Still applying pressure to her arm, I notice her eyes start to droop, she's looking smaller more fragile and vulnerable this is all my fault, if only Bea would hurry up. She looks at me her eyes empty, emotionless " I- I need sl-eep" she whispers, this can't be good I gently shake her as her eyes shut and her breathing rapidly slows down, panicking I carry on shaking her "Alicia, Alicia wake up come on, Alicia can you hear me?" I scream but there's no response, her pulse is weak and threats but it's there. Bra suddenly emerges from upstairs "Bea she's lost conscious, we need to get her to the hospital now!" I explain going into doctor mode, we both know it's not looking good as we begin to apply the home made tourniquet. Bea looks at her with sorrow in her eyes but talks directly alone "why, why couldn't you just leave her alone?" She requires no answer but even if she did I don't know why I did this why I ruined her life them made out she was crazy, what happened to the person I was. I stare at her unconcious, broken form she doesn't deserve any of this. What kind of monster am I?

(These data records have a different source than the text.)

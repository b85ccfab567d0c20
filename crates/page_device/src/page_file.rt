// An open file as a device needs it, and how a path becomes one.
ghost use Rattle.std.specs.Prelude.{◌≡◌};

use std::fs::{File, OpenFile, OpenOptions, TryLockError};
use std::io::ErrorKind;
use std::os::unix::fs::FileExt;
use std::path::Path;
use std::rt::Files;
use std::{fs, io};

/// An open file whose pages are read and written at their places, and which one process can have alone. std's trait
/// of an open file has none of these.
pub trait PageFile: OpenFile {
    /// Fills the piece with the bytes from this place on. No clause says with which.
    fn read_page_at(&self, into: &mut [u8], place: u64) -> io::Result<()>;

    /// Writes the whole piece from this place on. No clause says that it is there then.
    fn write_page_at(&self, from: &[u8], place: u64) -> io::Result<()>;

    /// Takes the exclusive lock of the file, which falls when the file is closed. Does not wait for it. No clause says
    /// that no other process has it.
    fn lock_alone(&self) -> Result<(), TryLockError>;
}

impl PageFile for File {
    fn read_page_at(&self, into: &mut [u8], place: u64) -> io::Result<()> {
        self.read_exact_at(into, place)
    }

    fn write_page_at(&self, from: &[u8], place: u64) -> io::Result<()> {
        self.write_all_at(from, place)
    }

    fn lock_alone(&self) -> Result<(), TryLockError> {
        self.try_lock()
    }
}

/// A file that was opened, and what of it is not as it is to be.
#[derive(Drop)]
pub struct Opened<F: Drop> {
    pub file: F,
    /// Why it can't be written, where it can only be read.
    pub unwritable: Option<io::Error>,
}

/// Opens what is there, to read and to write it, or to read it alone where that is all that the system lets us.
pub fn open_there<R: Files>(rt: &R, path: &str) -> io::Result<Opened<R::File>> {
    let why = match OpenOptions::new().read(true).write(true).open(rt, path) {
        Ok(file) => {
            return Ok(Opened {
                file,
                unwritable: None,
            });
        }
        Err(why) => why,
    };
    match why.kind() {
        ErrorKind::PermissionDenied | ErrorKind::ReadOnlyFilesystem => {}
        _ => return Err(why),
    }
    match fs::open(rt, path) {
        Ok(file) => Ok(Opened {
            file,
            unwritable: Some(why),
        }),
        Err(_) => Err(why),
    }
}

/// Makes a new file, where there is none.
pub fn make_new<R: Files>(rt: &R, path: &str) -> io::Result<Opened<R::File>> {
    let file = File::create_new(rt, path)?;
    Ok(Opened {
        file,
        unwritable: None,
    })
}

// The folder in which a path stands.
fn folder_of(path: &str) -> &str {
    match Path::new(path).parent() {
        Some(folder) if !folder.as_str().is_empty() => folder.as_str(),
        _ => ".",
    }
}

/// Fixes the name of a file in its folder.
pub fn sync_folder<R: Files>(rt: &R, path: &str) -> io::Result<()> {
    let folder = fs::open(rt, folder_of(path))?;
    folder.sync_all()
}

/// Locks the file. Gives why it has no lock, where its system has none; an error where another process has it.
pub fn lock<F: PageFile>(file: &F) -> io::Result<Option<io::Error>> {
    match file.lock_alone() {
        Ok(()) => Ok(None),
        Err(TryLockError::WouldBlock) => Err(io::Error::new(
            ErrorKind::ResourceBusy,
            "the image is in use",
        )),
        Err(TryLockError::Error(why)) => Ok(Some(why)),
    }
}
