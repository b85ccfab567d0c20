mod boxed;
mod kinds;
mod own;
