// Each call once, and the images of a small history against a table made by hand.

use crate::{Device, Failed, MemDevice, Page};
use std::alloc::Global;

// Writes the block of a number.
pub fn put<D: Device>(device: &mut D, page: u32, number: u64) -> Result<(), Failed> {
    if page < device.pages() {
        return device.write(page, &Page::numbered(number));
    }
    Err(Failed)
}

// The last byte of the number of the block that a read gives.
pub fn got<D: Device>(device: &mut D, page: u32) -> Result<u8, Failed> {
    let mut into = Page::zero();
    if page < device.pages() {
        device.read(page, &mut into)?;
        return Ok(into.bytes()[7]);
    }
    Err(Failed)
}

// A device of two pages of zeros.
fn two_pages(alloc: Global) -> Result<MemDevice, Failed> {
    let mut device = MemDevice::holding(alloc, Vec::new(alloc));
    device.room(2)?;
    Ok(device)
}

// What the first two pages of an image begin with.
fn image_of(device: &MemDevice, at: u64, choice: &[u32]) -> Result<(u8, u8), Failed> {
    let Ok(mut image) = device.image(at, choice) else {
        return Err(Failed);
    };
    Ok((got(&mut image, 0)?, got(&mut image, 1)?))
}

// Four writes and two barriers: the fifth call is a write that fails and is taken, and the sixth a barrier
// that fails.
fn history(alloc: Global) -> Result<MemDevice, Failed> {
    let mut device = two_pages(alloc)?;
    if device.fail_call(5, true).is_err() || device.fail_call(6, true).is_err() {
        return Err(Failed);
    }
    put(&mut device, 0, 1)?;
    put(&mut device, 0, 2)?;
    device.flush()?;
    put(&mut device, 1, 3)?;
    if put(&mut device, 0, 4).is_ok() || device.flush().is_ok() {
        return Err(Failed);
    }
    Ok(device)
}

// The moment, the choice, and the two pages.
const IMAGES: [(u64, [u32; 2], u8, u8); 19] = [
    (0, [0, 0], 0, 0),
    (0, [3, 3], 0, 0),
    (1, [0, 0], 0, 0),
    (1, [1, 0], 1, 0),
    (1, [2, 9], 1, 0),
    (2, [0, 1], 0, 0),
    (2, [1, 1], 1, 0),
    (2, [2, 1], 2, 0),
    (2, [4_000_000_000, 0], 2, 0),
    (3, [0, 0], 2, 0),
    (3, [1, 1], 2, 0),
    (4, [0, 0], 2, 0),
    (4, [1, 1], 2, 3),
    (5, [0, 0], 2, 0),
    (5, [0, 1], 2, 3),
    (5, [1, 0], 4, 0),
    (5, [1, 1], 4, 3),
    (6, [1, 0], 4, 0),
    (u64::MAX, [2, 2], 4, 3),
];

// A failed read, a lie and the truth.
fn three_reads(device: &mut MemDevice) -> [Result<u8, Failed>; 3] {
    [got(device, 0), got(device, 0), got(device, 0)]
}

#[test]
fn gives_each_image(rt: HostRuntime) {
    let Ok(device) = history(rt.alloc()) else {
        panic!(rt; "the history went wrong");
    };
    for (at, choice, first, second) in IMAGES {
        assert_eq!(rt;
            image_of(&device, at, &choice),
            Ok((first, second)),
            "after {at} calls"
        );
    }
}

#[test]
fn knows_the_page_of_zeros(rt: HostRuntime) {
    assert!(rt; Page::zero().is_zero());
    assert!(rt; !Page::numbered(1).is_zero());
}

#[test]
fn counts_each_call(rt: HostRuntime) {
    let Ok(device) = history(rt.alloc()) else {
        panic!(rt; "the history went wrong");
    };
    assert_eq!(rt; device.log().len(), 6);
    assert_eq!(rt; device.calls(), 6);
}

#[test]
fn grows_by_zeros(rt: HostRuntime) {
    let mut device = MemDevice::holding(rt.alloc(), Vec::new(rt.alloc()));
    assert_eq!(rt; device.fail_room(1), Ok(()));
    assert_eq!(rt; device.room(3), Err(Failed));
    assert_eq!(rt; device.room(3), Ok(()));
    assert_eq!(rt; device.pages(), 3);
}

#[test]
fn fails_by_the_later_plan(rt: HostRuntime) {
    let Ok(mut device) = two_pages(rt.alloc()) else {
        panic!(rt; "no room was made");
    };
    assert_eq!(rt; device.fail_call(1, true), Ok(()));
    assert_eq!(rt; device.fail_call(1, false), Ok(()));
    assert_eq!(rt; device.reserve(1), Ok(()));
    assert_eq!(rt; put(&mut device, 0, 7), Err(Failed));
    assert_eq!(rt; got(&mut device, 0), Ok(0));
}

#[test]
fn lies_where_planned(rt: HostRuntime) {
    let Ok(mut device) = two_pages(rt.alloc()) else {
        panic!(rt; "no room was made");
    };
    assert_eq!(rt; device.fail_read(1), Ok(()));
    assert_eq!(rt; device.lie(1, &Page::numbered(5)), Ok(()));
    assert_eq!(rt; device.lie(2, &Page::numbered(6)), Ok(()));
    assert_eq!(rt; three_reads(&mut device), [Err(Failed), Ok(6), Ok(0)]);
    assert_eq!(rt; device.reads(), 3);
}
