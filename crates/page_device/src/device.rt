// A device as everything above sees it.
ghost use Rattle.std.specs.Prelude.{◌≡◌, ◌<◌, ◌≤◌, true, length, slice_get, OnOk, OnErr};
ghost use Rattle.page_device.specs.Disk.{newest};
ghost use Rattle.page_device.specs.Counts.{OneFault};
ghost use Rattle.page_device.specs.Meaning.{Meaning, OneCall, OneRead, WriteEntry, FlushEntry, Grows, IsUntouched};

use crate::{Failed, Page};

/// How a write or a barrier ended.
#[derive(Clone, Copy, Debug, PartialEq, Eq, Drop)]
pub enum End {
    /// It succeeded.
    Done,
    /// It failed and changed nothing.
    Refused,
    /// It failed, and the content may be on the disk nevertheless.
    Taken,
}

/// One write or barrier, as the log of a device has it.
#[derive(Drop)]
pub enum LogEntry {
    Write { page: u32, from: Page, end: End },
    Flush { end: End },
}

/// A device of 4096-byte pages, numbered from 0.
///
/// The disk model: a device keeps for each page the content that is fixed, and the contents written
/// since the last successful barrier. A read gives the newest one. A crash leaves, for each page by
/// itself, the fixed content or any one of those written since. `docs/DEFINITIONS.md` reads this aloud.
///
/// Each call that answers `Failed` raises the device's count of faults by one, and no other call changes it; each write
/// and each barrier, failed or not, raises its count of calls by one. What a device tells of itself (its pages, its log,
/// its reads) is a meaning that no call changes. A count stands still at its end.
pub trait Device {
    /// What it tells of itself.
    ghost seen: { Self → Meaning };

    /// The number of pages. Constant time. It does not say that another process leaves the number.
    fn pages(&self) -> u32
        ensures { result ≡ (seen self.now).pages };

    /// Makes the device at least so many pages large. New pages are zeros and are fixed at once.
    /// `room(0)` asks for no page and lets a device be opened. A failed call changes nothing but the
    /// count of faults. It does not say how many more pages there are than asked for, where the device had fewer.
    fn room(&mut self, pages: u32) -> Result<(), Failed>
        ensures cause { OneFault result (seen self.old).faults (seen self.new).faults }
        ensures grown { OnOk result (Grows pages (seen self.old) (seen self.new)) }
        ensures untouched { OnErr result (IsUntouched (seen self.old) (seen self.new)) };

    /// Reads a page. After `Failed` nothing is known of `into`. It does not say that a read ever succeeds, nor what a device
    /// gives that is not honest or tells no pages.
    fn read(&mut self, page: u32, into: &mut Page) -> Result<(), Failed>
        requires { page < (seen self.old).pages }
        ensures cause { OneFault result (seen self.old).faults (seen self.new).faults }
        ensures kept { OneRead (seen self.old) (seen self.new) }
        ensures newest { OnOk result ((seen self.old).honest ≡ true → (seen self.old).tells_pages ≡ true
            → slice_get (newest (seen self.old).state) page ≡ Some into.new) };

    /// Writes a whole page. After `Failed` the content may be on the disk or not. It does not say that a write ever
    /// succeeds, nor what of it is fixed before the next barrier.
    fn write(&mut self, page: u32, from: &Page) -> Result<(), Failed>
        requires { page < (seen self.old).pages }
        ensures cause { OneFault result (seen self.old).faults (seen self.new).faults }
        ensures call { OneCall (WriteEntry page from.now result) (seen self.old) (seen self.new) };

    /// The barrier: fixes the newest content of every page. A failed one changes nothing. It does not say that a barrier
    /// ever succeeds.
    fn flush(&mut self) -> Result<(), Failed>
        ensures cause { OneFault result (seen self.old).faults (seen self.new).faults }
        ensures call { OneCall (FlushEntry result) (seen self.old) (seen self.new) };

    /// Where it tells its pages, there are so many of them.
    ghost counts: { (d : Self) → (seen d).tells_pages ≡ true → length (seen d).state.fixed ≡ (seen d).pages };
}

Finally we are in the car on the way to the hospital, Eddie starts driving as Alicia regains consciousness she begins to get agitated, disorientated as she cry's out in pain as I tighten the make do tourniquet, I whisper reassuring words to her that she will be okay, Ethan will come to her rescue and she will heal around her friends who are like family. I look at Eddie who is concentrating on the road a look of concern on his face " what, what have you done now?" I shout as he suddenly swerves to avoid a car, "Eddie what's going on?" I practically scream at him as he tries to regain control of the car, Alicia looks petrified as she sees an over turned ambulance, and then suddenly bright lights as a car comes speeding towards. Then there's silence Eddie managed to avoid the speeding car and we sigh in relief until another car crashes into the back of us and suddenly the car is out of control, the three of us screaming uncontrollably, then we stop "Eddie, are you okay?" I ask as i see blood trickling down the side of his head "Alicia!" He screams as another car crashes into us overturning the veichle as again we are screaming for are lives and then darkness.